Tag Archives: breastfeeding

A C-section, Bottle feeding, Nursery using Working Mum

I am really bloody angry.  I’m fed up to the back teeth of people who write articles, blogs or tweets about something that they can take the moral high ground on.  Something they do/don’t do, but they know darn well others do/don’t.

  • Breastfeeding/Bottle feeding
  •  Natural Childbirth/C-sections
  •  Nursery or Childminders/Stay at home care
  •  Stay at home parents and Working parents

The Perfect Scenario – so we are told

You have a baby naturally (no drugs), you sail through breastfeeding (feed as late as possible, but not too late – there’s a whole other brigade ready to leap on you if you do), you Stay at Home until your child is in school (if you don’t do SOMETHING once they’ve started school you WILL be vilified – “What do you do all day?”), you then make sure that your work to homelife balance is just right so you can stay on everyones side.
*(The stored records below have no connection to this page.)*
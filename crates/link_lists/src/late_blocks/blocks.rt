//! The blocks.

ghost use Rattle.std.specs.Prelude.{◌≡◌, ◌<◌, [], ◌∷◌, ◌++◌, filter, not, OnOk};
ghost use Rattle.history_graph.specs.Initialised.{is_one_of};
ghost use Rattle.link_lists.specs.LateBlocksPart.Blocks.{block_of};

use history_event::Block;
use history_graph::SerialSet;
use ld_base::{HartId, Serial};
use std::alloc::{AllocError, Global};
use std::marker::Model;

/// Blocks, in the order in which harts got them. Contracts see the list, with the room for more.
#[derive(Drop)]
pub struct LateBlocks {
    blocks: Vec<Block>,
}

impl Model for LateBlocks {
    ghost use Rattle.std.specs.Prelude.{◌-◌};
    ghost use Rattle.std.specs.Vec.{vec_capacity, vec_len};
    ghost use Rattle.link_lists.specs.LateBlocksPart.Blocks.{BlockList};

    ghost Value = { BlockList };

    ghost view = { λ b. record { blocks = b.blocks.items; spare = vec_capacity b.blocks - vec_len b.blocks } };
}

impl LateBlocks {
    /// No blocks.
    pub fn new(alloc: Global) -> Self
        ensures { result.blocks ≡ [] }
    {
        LateBlocks {
            blocks: Vec::new(alloc),
        }
    }

    /// The address of a hart's block of an object's module.
    pub fn find(&self, hart: HartId, serial: Serial) -> Option<u64>
        ensures { result ≡ block_of hart serial self.now.blocks }
    {
        for block in self.blocks.as_slice() {
            if block.hart == hart && block.serial == serial {
                return Some(block.address);
            }
        }
        None
    }

    /// Makes room for a block more.
    ///
    /// # Errors
    ///
    /// Want of memory.
    pub fn make_room(&mut self) -> Result<(), AllocError>
        ensures room { OnOk result (0 < self.new.spare) }
        ensures blocks { self.new.blocks ≡ self.old.blocks }
    {
        self.blocks.reserve(1)
    }

    /// One block more.
    pub fn push(&mut self, hart: HartId, serial: Serial, address: u64)
        requires { 0 < self.old.spare }
        ensures { self.new.blocks ≡ self.old.blocks ++ record { hart = hart; serial = serial; address = address } ∷ [] }
    {
        self.blocks.push_reserved(Block {
            hart,
            serial,
            address,
        });
    }

    /// Takes all blocks of some objects out.
    pub fn remove(&mut self, set: &[Serial])
        ensures { self.new.blocks ≡ filter (λ b. not (is_one_of set.now b.serial)) self.old.blocks }
    {
        let going = SerialSet::new(set);
        self.blocks.retain(|block| !going.has(block.serial));
    }
}
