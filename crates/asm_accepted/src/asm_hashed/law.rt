//! The laws.

ghost use Rattle.std.specs.Prelude.{List, ℕ};
ghost use Rattle.asm_statement.specs.declared.line.Line.{Line};
ghost use Rattle.asm_layout.specs.Contents.{contents_of};
ghost use Rattle.asm_grammar.specs.Grammar.{SaysSource};
ghost use Rattle.asm_accepted.specs.ElfHashed.Hashes.{CountsSymbols, HashesFit};

use asm_laws::sources_are_short;

/// The numbers of the hash tables of a source's object fit their words, and the GNU table ends with the chain of its greatest bucket.
pub fn hash_tables_fit()
    ensures { (source : List ℕ) (lines : List Line) → SaysSource source lines → HashesFit (contents_of lines) }
{
    sources_are_short();
}

/// They tell how many symbols the object has, and its relocations and slots name some of those.
pub fn hash_tables_count_symbols()
    ensures { (source : List ℕ) (lines : List Line) → SaysSource source lines → CountsSymbols (contents_of lines) }
{
    sources_are_short();
}
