//! `turns`: a run on one thread, by a written schedule.

ghost use Rattle.std.specs.Prelude.{◌≡◌, ◌<◌, ◌≤◌, ◌^◌, ◌++◌, All, IfErr, IfOk, List};
ghost use Rattle.ldso_cli.specs.Scheduled.{AsScheduled};
ghost use Rattle.ldso_cli.specs.End.{kept_end};
ghost use Rattle.ldso_cli.specs.Outside.{library_at};
ghost use Rattle.ldso_cli.specs.Played.{last_line, run_cause};
ghost use Rattle.ldso_cli.specs.Turns.{IsScheduled, Schedules, TurnsComes};
ghost use Rattle.history_calls.specs.Startup.{harts_of};
ghost use Rattle.trace_text.specs.RunTexts.Printed.{journal_lines};
ghost use Rattle.cli_read.specs.declared.schedule_read.fault.TurnsFault.TheVariants.{NotTurns};
ghost use Rattle.world_turns.specs.SchedulesPart.Grammar.{SaysTurns};
ghost use Rattle.world_turns.specs.declared.schedules.schedule.TurnItem.{TurnItem};
ghost use Rattle.trace_text.specs.Lines.{IsSayable};

use crate::answer::{Answer, usage};
use crate::outcome::End;
use crate::play::{Played, last_line, play, run_cause};
use cli_read::{TurnsFault, read_turns};
use cli_words::Turns;
use history_calls::served_calls_are_legal;
use history_journal::accepted_object;
use ld_base::Name;
use library_source::Library;
use std::alloc::{AllocError, Global};
use trace_text::{events_are_sayable, journal_text};
use world_turns::runs_stay_sound;

/// The items of a written schedule of so many harts.
///
/// # Errors
///
/// `NotTurns` where it is none, or want of memory.
fn items_of(alloc: Global, schedule: &Name, harts: u32) -> Result<world_turns::Turns, TurnsFault>
    ensures says { IfOk result (SaysTurns harts schedule.now) }
    ensures not_turns { IfErr result (λ fault. fault ≡ NotTurns → (items : List TurnItem) → SaysTurns harts schedule.now items → ⊥) }
{
    match str::from_utf8(schedule.as_bytes()) {
        Ok(text) => read_turns(alloc, text, harts),
        Err(_) => Err(TurnsFault::NotTurns),
    }
}

/// The answer of a run that is over.
fn told(alloc: Global, played: Played) -> Result<Answer, AllocError>
    requires { All IsSayable played.left.journal.events }
    ensures end { IfOk result (λ answer. answer.end ≡ kept_end (run_cause played.ended) played.left) }
    ensures text { IfOk result (λ answer. answer.text ≡ journal_lines played.left.journal.events ++ last_line played.ended) }
{
    let Played { ended, left } = played;
    let line = last_line(alloc, &ended)?;
    let text = journal_text(alloc, left.journal.as_slice(), line.as_str())?;
    let end = End {
        cause: run_cause(ended),
        kept: Some(left),
        trails: None,
    };
    Ok(Answer { end, text })
}

/// The answer of a run by these items, which the schedule says.
fn of_items<L: Library>(
    alloc: Global,
    command: &Turns,
    items: &world_turns::Turns,
    library: &mut L,
) -> Result<Answer, AllocError>
    requires few { harts_of command.now.setup < 2 ^ 32 }
    requires fuel { command.now.setup.fuel ≤ 2 ^ 32 }
    requires says { Schedules command.now items.now }
    ensures comes { IfOk result (λ answer. TurnsComes command.now (library_at L.files L.faults L.misses library.old)
        (library_at L.files L.faults L.misses library.new) answer.end answer.text) }
    ensures files { L.files library.new ≡ L.files library.old }
    ensures faults { L.faults library.old ≤ L.faults library.new }
    ensures misses { L.misses library.old ≤ L.misses library.new }
{
    accepted_object();
    runs_stay_sound();
    served_calls_are_legal();
    events_are_sayable();
    let played = play(alloc, &command.setup, items, library)?;
    told(alloc, played)
}

/// Runs a program on one thread by a schedule, and gives its journal. A schedule that is none of so many
/// harts is a usage.
pub(crate) fn turns<L: Library>(
    alloc: Global,
    command: &Turns,
    library: &mut L,
) -> Result<Answer, AllocError>
    requires few { harts_of command.now.setup < 2 ^ 32 }
    requires fuel { command.now.setup.fuel ≤ 2 ^ 32 }
    ensures comes { IfOk result (λ answer. AsScheduled command.now (library_at L.files L.faults L.misses library.old)
        (library_at L.files L.faults L.misses library.new) answer.end answer.text) }

    // What the library is left as.
    ensures unread { (IsScheduled command.now → ⊥) → library.new ≡ library.old }
    ensures files { L.files library.new ≡ L.files library.old }
    ensures faults { L.faults library.old ≤ L.faults library.new }
    ensures misses { L.misses library.old ≤ L.misses library.new }
{
    let harts = command.setup.harts.len() as u32 + 1;
    match items_of(alloc, &command.schedule, harts) {
        Ok(items) => of_items(alloc, command, &items, library),
        Err(TurnsFault::NotTurns) => usage(alloc),
        Err(TurnsFault::Memory) => Err(AllocError),
    }
}
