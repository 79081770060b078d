//! How the command ends.

ghost use Rattle.std.specs.Prelude.{◌≡◌, IfOk};
ghost use Rattle.std.specs.String.{string_bytes};
ghost use Rattle.ldso_cli.specs.End.{bare, end_of};
ghost use Rattle.ldso_cli.specs.Status.{refused_text, status_of, status_of_cause, status_of_fault};

use ld_base::{AsmCause, DlFault};
use std::alloc::{AllocError, Global};
use trace_check::TraceCause;
use trace_text::{RunEnd, RunRecord};
use word_memory::Trails;

/// Why the command ends.
#[derive(Drop)]
pub enum Cause {
    /// It did what it was asked.
    Done,
    /// The run is over, and ended so.
    Ran(RunEnd),
    /// The file, or what it needs, is refused.
    Refused(DlFault),
    /// The source is refused, at this line and for this cause.
    AsmRefused(u64, AsmCause),
    /// The trace is refused, at this line and for this cause; or, without one, because it is too long.
    TraceRefused(u64, Option<TraceCause>),
    /// The words are no command.
    Usage,
    /// The text couldn't be written.
    WriteFault,
    /// There wasn't enough memory.
    Memory,
}

/// How a command ended: why, and what it keeps.
#[derive(Drop)]
pub struct End {
    pub cause: Cause,
    /// The record of the run, of a command that runs a program. Where startup was refused its journal is
    /// startup's, and it has no ends. Where there wasn't enough memory it may be there or not.
    pub kept: Option<RunRecord>,
    /// What each hart did, of a run on threads that started: the harts' last views, with their trails.
    pub trails: Option<Trails>,
}

/// How the command ended: its status, and its end.
#[derive(Drop)]
pub struct Outcome {
    pub status: u8,
    pub cause: Cause,
    /// As in [`End`].
    pub kept: Option<RunRecord>,
    /// As in [`End`].
    pub trails: Option<Trails>,
}

/// The status with which a refusal ends the command.
pub(crate) fn status_of_fault(fault: &DlFault) -> u8
    ensures { result ≡ status_of_fault fault.now }
{
    match fault {
        DlFault::ReadFault(_) => 121,
        DlFault::NotAccepted(_, _) => 126,
        DlFault::MissingLibrary(_)
        | DlFault::MissingVersion(_, _, _)
        | DlFault::MissingSymbol(_, _, _) => 127,
        DlFault::NotCode(_, _)
        | DlFault::NeedsStaticTls(_)
        | DlFault::AddressSpaceFull(_)
        | DlFault::NamespacesFull
        | DlFault::BadHandle(_)
        | DlFault::BadFlags(_)
        | DlFault::ClosingHere(_)
        | DlFault::NameTooLong
        | DlFault::BadNamespace(_) => 118,
    }
}

/// The last line where a refusal ends the command.
///
/// # Errors
///
/// Want of memory.
#[tactic(auto, unfolding(crate::specs::Status::refused_text))]
pub(crate) fn refused_line(alloc: Global, fault: &DlFault) -> Result<String, AllocError>
    ensures { IfOk result (λ line. string_bytes line ≡ refused_text fault.now) }
{
    let status = status_of_fault(fault);
    let line = format!(in alloc; "end {status} {fault}\n")?;
    Ok(line)
}

fn status_of_cause(cause: &Cause) -> u8
    ensures { result ≡ status_of_cause cause.now }
{
    match cause {
        Cause::Done => 0,
        Cause::Ran(run_end) => run_end.status(),
        Cause::Refused(fault) => status_of_fault(fault),
        Cause::AsmRefused(_, _) => 119,
        Cause::TraceRefused(_, _) => 117,
        Cause::Usage => 120,
        Cause::WriteFault => 122,
        Cause::Memory => 123,
    }
}

impl End {
    ghost use Rattle.ldso_cli.specs.Status.{status_of};

    /// The end of a command that runs no program: nothing is kept.
    pub fn bare(cause: Cause) -> Self
        ensures { result ≡ bare cause }
    {
        End {
            cause,
            kept: None,
            trails: None,
        }
    }

    /// The same end for another cause: what is kept stays.
    pub(crate) fn with_cause(self, cause: Cause) -> Self
        ensures { result ≡ record self { cause = cause } }
    {
        End { cause, ..self }
    }

    /// The status with which this ends the command.
    pub fn status(&self) -> u8
        ensures { result ≡ status_of self.now }
    {
        status_of_cause(&self.cause)
    }

    /// The end with its status.
    pub(crate) fn into_outcome(self) -> Outcome
        ensures end { end_of result ≡ self }
        ensures status { result.status ≡ status_of self }
    {
        let status = self.status();
        let End {
            cause,
            kept,
            trails,
        } = self;
        Outcome {
            status,
            cause,
            kept,
            trails,
        }
    }
}
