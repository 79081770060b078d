//! The two tables.

ghost use Rattle.std.specs.Prelude.{◌≡◌, ◌++◌, ◌<◌, IfOk, replicate};
ghost use Rattle.asm_write.specs.HashBuild.Hashed.{bucket_count, bloom_with, ends_bucket, chain_of, gnu_of, sysv_of};

use crate::hash_build::chains::chains_of;
use ld_base::{GnuPart, SharedList, SysvPart};
use std::alloc::{AllocError, Global};

/// How many buckets so many symbols have.
pub fn bucket_count(exports: usize) -> usize
    ensures value { result ≡ bucket_count exports }
    ensures some { 0 < result }
{
    (exports / 4).max(1)
}

/// The bloom filter with one hash more.
fn bloom_with(bloom: u64, hash: u32) -> u64
    ensures { result ≡ bloom_with bloom hash }
{
    bloom | 1 << (hash % 64) | 1 << (hash / 64 % 64)
}

/// Whether a symbol is the last of its bucket.
fn ends_bucket(buckets: usize, hash: u32, rest: &[u32]) -> bool
    requires { 0 < buckets }
    ensures { result ≡ ends_bucket buckets hash rest.now }
{
    match rest {
        [] => true,
        [next, ..] => *next as usize % buckets != hash as usize % buckets,
    }
}

/// The words of the chains.
fn chain_of(alloc: Global, buckets: usize, hashes: &[u32]) -> Result<Vec<u32>, AllocError>
    requires { 0 < buckets }
    ensures { IfOk result (λ chain. chain.items ≡ chain_of buckets hashes.now) }
{
    let mut chain = Vec::new(alloc);
    for (at, hash) in hashes.iter().enumerate() {
        let is_last = ends_bucket(buckets, *hash, &hashes[at + 1..]);
        chain.push(2 * (hash / 2) + u32::from(is_last))?;
    }
    Ok(chain)
}

/// The GNU hash table of symbols with these hashes, in the order of their buckets; the first of them
/// has this index.
///
/// # Errors
///
/// Want of memory.
#[tactic(auto, unfolding(crate::specs::HashBuild::Hashed::gnu_of))]
pub fn gnu_of(alloc: Global, first: u32, hashes: &[u32]) -> Result<GnuPart, AllocError>
    ensures { IfOk result (λ gnu. gnu ≡ gnu_of first hashes.now) }
{
    let count = bucket_count(hashes.len());
    let bloom = hashes
        .iter()
        .fold(0, |bloom, hash| bloom_with(bloom, *hash));
    let bloom = Vec::from_slice(alloc, &[bloom])?;
    let chain = chain_of(alloc, count, hashes)?;
    let chains = chains_of(alloc, first, count, hashes)?;
    Ok(GnuPart {
        symoffset: first,
        shift: 6,
        bloom: SharedList::new(alloc, bloom)?,
        buckets: SharedList::new(alloc, chains.buckets)?,
        chain: SharedList::new(alloc, chain)?,
    })
}

/// So many zeros and the links behind them.
fn links_behind(alloc: Global, first: u32, links: &[u32]) -> Result<Vec<u32>, AllocError>
    ensures { IfOk result (λ chain. chain.items ≡ replicate first 0 ++ links.now) }
{
    let mut chain = vec![in alloc; 0; first as usize]?;
    chain.extend_from_slice(links)?;
    Ok(chain)
}

/// The System V hash table of symbols with these hashes, the first of which has this index; the
/// symbols before them are in no bucket.
///
/// # Errors
///
/// Want of memory.
#[tactic(auto, unfolding(crate::specs::HashBuild::Hashed::sysv_of))]
pub fn sysv_of(alloc: Global, first: u32, hashes: &[u32]) -> Result<SysvPart, AllocError>
    ensures { IfOk result (λ sysv. sysv ≡ sysv_of first hashes.now) }
{
    let count = bucket_count(hashes.len());
    let chains = chains_of(alloc, first, count, hashes)?;
    let chain = links_behind(alloc, first, &chains.links)?;
    Ok(SysvPart {
        buckets: SharedList::new(alloc, chains.buckets)?,
        chain: SharedList::new(alloc, chain)?,
    })
}
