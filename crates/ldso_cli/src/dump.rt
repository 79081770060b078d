//! `dump`: what the object in a file holds.

ghost use Rattle.std.specs.Prelude.{◌≡◌, ◌≤◌, IfOk, Some, true};
ghost use Rattle.ldso_cli.specs.Command.{WordsAnswer};
ghost use Rattle.ldso_cli.specs.Dump.{dump_cause, program_read, reading_text};
ghost use Rattle.ldso_cli.specs.End.{bare};
ghost use Rattle.ldso_cli.specs.Outside.{library_at};

use crate::answer::{Answer, done, refused};
use cli_text::dump_text;
use cli_words::Command;
use elf_object::read_object;
use ld_base::{DlFault, Name, ReadFault, SharedBytes};
use library_source::{Library, ReadError};
use std::alloc::{AllocError, Global};

/// The answer of a file with these bytes, which are read as a program's.
fn of_bytes(alloc: Global, path: Name, bytes: Vec<u8>) -> Result<Answer, AllocError>
    ensures end { IfOk result (λ answer. answer.end ≡ bare (dump_cause path (program_read (Some bytes.items)))) }
    ensures text { IfOk result (λ answer. answer.text ≡ reading_text path (program_read (Some bytes.items))) }
{
    let file = SharedBytes::from_vec(bytes)?;
    match read_object(alloc, &file, true) {
        Ok((object, _table)) => Ok(done(dump_text(alloc, &object)?)),
        Err(ReadFault::NotAccepted(broken)) => {
            refused(alloc, DlFault::NotAccepted(path, broken))
        }
        Err(ReadFault::Memory) => Err(AllocError),
    }
}

/// Reads the object at a path, and gives what it holds, or why it is refused.
pub(crate) fn dump<L: Library>(
    alloc: Global,
    path: Name,
    library: &mut L,
) -> Result<Answer, AllocError>
    ensures answers { IfOk result (λ answer. WordsAnswer (Some (Command.Dump path)) (library_at L.files L.faults L.misses library.old)
        (library_at L.files L.faults L.misses library.new) answer.end answer.text) }

    // What the library is left as.
    ensures files { L.files library.new ≡ L.files library.old }
    ensures faults { L.faults library.old ≤ L.faults library.new }
    ensures misses { L.misses library.old ≤ L.misses library.new }
{
    match library.read(path.as_bytes()) {
        Ok(bytes) => of_bytes(alloc, path, bytes),
        Err(ReadError::Missing) => refused(alloc, DlFault::MissingLibrary(path)),
        Err(ReadError::Failed) => refused(alloc, DlFault::ReadFault(path)),
        Err(ReadError::Memory) => Err(AllocError),
    }
}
Life doesn’t work like that.

Nor should it.

I don’t want to live in a world where everyone does the same thing.  I want to live in a world where everyone gets to do what they want to do, they have choice.  Sometimes that choice doesn’t seem like a choice at all, it’s what they have to do, but then we need to make sure that it still works, that its still safe and right.  Hey, and if you get the perfect scenario and it works for you I’m really pleased for you.  Maybe a little bit jealous.Angel Mother

I really don’t give a shit if you breastfeed or not.  I’m pro breastfeeding, I think if you can, you should. If you can’t then bottle feeding is the next best thing.  Give it a good shot. Don’t give it a good shot (especially if it’s a psychological reason), I really don’t care.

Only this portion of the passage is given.